Write out all of the data exactly as it appears.

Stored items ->
————

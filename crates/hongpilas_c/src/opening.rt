//! Opening and freeing a session.

ghost use Rattle.std.specs.Prelude.{◌≡◌, ◌≢◌, true, is_some, Some};
ghost use Rattle.ed_types.specs.declared.refusal.Refusal.TheVariants.{OutOfMemory};
ghost use Rattle.ed_model.specs.Session.{new_session, greatest_limits};
ghost use Rattle.ed_model.specs.Table.{limited};
ghost use Rattle.ed_model.specs.Printed.{refusal_number};
ghost use Rattle.hongpilas_c.specs.Answers.{refused_with};
ghost use Rattle.hongpilas_c.specs.Opened.{fresh, limits_of, IsFresh};

use crate::answers::{DONE, number_of};
use crate::handle::Handle;
use crate::held::Held;
use ed_types::{Bytes, Limits, Refusal, Reply};
use editor_session::Session;
use std::alloc::Global;

/// The limits of a session, as C passes them. Each is at least 1, and at most the number that its comment states.
#[repr(C)]
#[derive(Drop)]
pub struct LimitsInC {
    /// The greatest length of a document in bytes: at most 0x7FFFFFFF.
    pub doc_bytes: u64,
    /// The greatest length in bytes of a document for large texts: at most 0x10000000000.
    pub large_bytes: u64,
    /// The number of marker handles that one document ever gives out: at most 0x7FFFFFFF.
    pub handles: u64,
    /// The number of document ids ever given out, and that of view ids: at most 0x7FFFFFFF.
    pub ids: u64,
    /// The number of references to one document: at most 0x7FFFFFFF.
    pub refs: u64,
    /// The number of open views: at most 1024.
    pub views: u64,
    /// The depth of undo groups: at most 255.
    pub depth: u64,
}

/// Stores the session, with an empty reply, behind the handle. Returns 0 or the number of the refusal.
fn hold(alloc: Global, session: Session, handle: &mut Handle) -> u32
    ensures done { result ≡ 0 → handle.new.held ≡ Some (fresh session) }
    ensures refused { result ≢ 0 → result ≡ refusal_number OutOfMemory }
    ensures kept { result ≢ 0 → handle.new.held ≡ handle.old.held }
{
    let reply = Reply::quiet(alloc, 0, Bytes::empty(alloc));
    let asked = Reply::quiet(alloc, 0, Bytes::empty(alloc));
    let held = Held {
        session,
        reply,
        asked,
    };
    match Handle::new(alloc, held) {
        Ok(opened) => {
            *handle = opened;
            DONE
        }
        Err(_) => number_of(Refusal::OutOfMemory),
    }
}

/// Opens a session with the greatest limits. Returns 0, or `OutOfMemory` as a number if an allocation fails.
#[unsafe(no_mangle)]
pub extern "C" fn hongpilas_new_unchecked(alloc: Global, handle: &mut Handle) -> u32
    ensures done { result ≡ 0 → handle.new.held ≡ Some (fresh (new_session greatest_limits)) }
    ensures refused { result ≢ 0 → result ≡ refusal_number OutOfMemory }
    ensures kept { result ≢ 0 → handle.new.held ≡ handle.old.held }
{
    hold(alloc, Session::new(alloc), handle)
}

/// Opens a session with lower limits. Returns 0, or the number of `BadArgument` if a limit is out of its range, or of
/// `OutOfMemory` if an allocation fails.
#[unsafe(no_mangle)]
pub extern "C" fn hongpilas_new_with_limits_unchecked(
    alloc: Global,
    handle: &mut Handle,
    limits: &LimitsInC,
) -> u32
    ensures done { result ≡ 0 → IsFresh (limited (limits_of limits.now)) handle.new.held }
    ensures refused { result ≢ 0 → result ≡ refused_with (limited (limits_of limits.now)) }
    ensures kept { result ≢ 0 → handle.new.held ≡ handle.old.held }
{
    let limits = Limits {
        doc_bytes: limits.doc_bytes,
        large_bytes: limits.large_bytes,
        handles: limits.handles,
        ids: limits.ids,
        refs: limits.refs,
        views: limits.views,
        depth: limits.depth,
    };
    match Session::with_limits(alloc, limits) {
        Ok(session) => hold(alloc, session, handle),
        Err(refusal) => number_of(refusal),
    }
}

/// Frees a session with all that it owns.
#[unsafe(no_mangle)]
pub extern "C" fn hongpilas_free_unchecked(handle: Handle)
    requires { is_some handle.held ≡ true }
{
    drop(handle.into_box());
}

————

Exercise solution ->
filename crates/hongpilas_c/src/opening.rt
//! Opening and freeing a session.

ghost use Rattle.std.specs.Prelude.{◌≡◌, ◌≢◌, true, is_some, Some};
ghost use Rattle.ed_types.specs.declared.refusal.Refusal.TheVariants.{OutOfMemory};
ghost use Rattle.ed_model.specs.Session.{new_session, greatest_limits};
ghost use Rattle.ed_model.specs.Table.{limited};
ghost use Rattle.ed_model.specs.Printed.{refusal_number};
ghost use Rattle.hongpilas_c.specs.Answers.{refused_with};
ghost use Rattle.hongpilas_c.specs.Opened.{fresh, limits_of, IsFresh};

use crate::answers::{DONE, number_of};
use crate::handle::Handle;
use crate::held::Held;
use ed_types::{Bytes, Limits, Refusal, Reply};
use editor_session::Session;
use std::alloc::Global;

/// The limits of a session, as C passes them. Each is at least 1, and at most the number that its comment states.
#[repr(C)]
#[derive(Drop)]
pub struct LimitsInC {
    /// The greatest length of a document in bytes: at most 0x7FFFFFFF.
    pub doc_bytes: u64,
    /// The greatest length in bytes of a document for large texts: at most 0x10000000000.
    pub large_bytes: u64,
    /// The number of marker handles that one document ever gives out: at most 0x7FFFFFFF.
    pub handles: u64,
    /// The number of document ids ever given out, and that of view ids: at most 0x7FFFFFFF.
    pub ids: u64,
    /// The number of references to one document: at most 0x7FFFFFFF.
    pub refs: u64,
    /// The number of open views: at most 1024.
    pub views: u64,
    /// The depth of undo groups: at most 255.
    pub depth: u64,
}

/// Stores the session, with an empty reply, behind the handle. Returns 0 or the number of the refusal.
fn hold(alloc: Global, session: Session, handle: &mut Handle) -> u32
    ensures done { result ≡ 0 → handle.new.held ≡ Some (fresh session) }
    ensures refused { result ≢ 0 → result ≡ refusal_number OutOfMemory }
    ensures kept { result ≢ 0 → handle.new.held ≡ handle.old.held }
{
    let reply = Reply::quiet(alloc, 0, Bytes::empty(alloc));
    let asked = Reply::quiet(alloc, 0, Bytes::empty(alloc));
    let held = Held {
        session,
        reply,
        asked,
    };
    match Handle::new(alloc, held) {
        Ok(opened) => {
            *handle = opened;
            DONE
        }
        Err(_) => number_of(Refusal::OutOfMemory),
    }
}

/// Opens a session with the greatest limits. Returns 0, or `OutOfMemory` as a number if an allocation fails.
#[unsafe(no_mangle)]
pub extern "C" fn hongpilas_new_unchecked(alloc: Global, handle: &mut Handle) -> u32
    ensures done { result ≡ 0 → handle.new.held ≡ Some (fresh (new_session greatest_limits)) }
    ensures refused { result ≢ 0 → result ≡ refusal_number OutOfMemory }
    ensures kept { result ≢ 0 → handle.new.held ≡ handle.old.held }
{
    hold(alloc, Session::new(alloc), handle)
}

/// Opens a session with lower limits. Returns 0, or the number of `BadArgument` if a limit is out of its range, or of
/// `OutOfMemory` if an allocation fails.
#[unsafe(no_mangle)]
pub extern "C" fn hongpilas_new_with_limits_unchecked(
    alloc: Global,
    handle: &mut Handle,
    limits: &LimitsInC,
) -> u32
    ensures done { result ≡ 0 → IsFresh (limited (limits_of limits.now)) handle.new.held }
    ensures refused { result ≢ 0 → result ≡ refused_with (limited (limits_of limits.now)) }
    ensures kept { result ≢ 0 → handle.new.held ≡ handle.old.held }
{
    let limits = Limits {
        doc_bytes: limits.doc_bytes,
        large_bytes: limits.large_bytes,
        handles: limits.handles,
        ids: limits.ids,
        refs: limits.refs,
        views: limits.views,
        depth: limits.depth,
    };
    match Session::with_limits(alloc, limits) {
        Ok(session) => hold(alloc, session, handle),
        Err(refusal) => number_of(refusal),
    }
}

/// Frees a session with all that it owns.
#[unsafe(no_mangle)]
pub extern "C" fn hongpilas_free_unchecked(handle: Handle)
    requires { is_some handle.held ≡ true }
{
    drop(handle.into_box());
}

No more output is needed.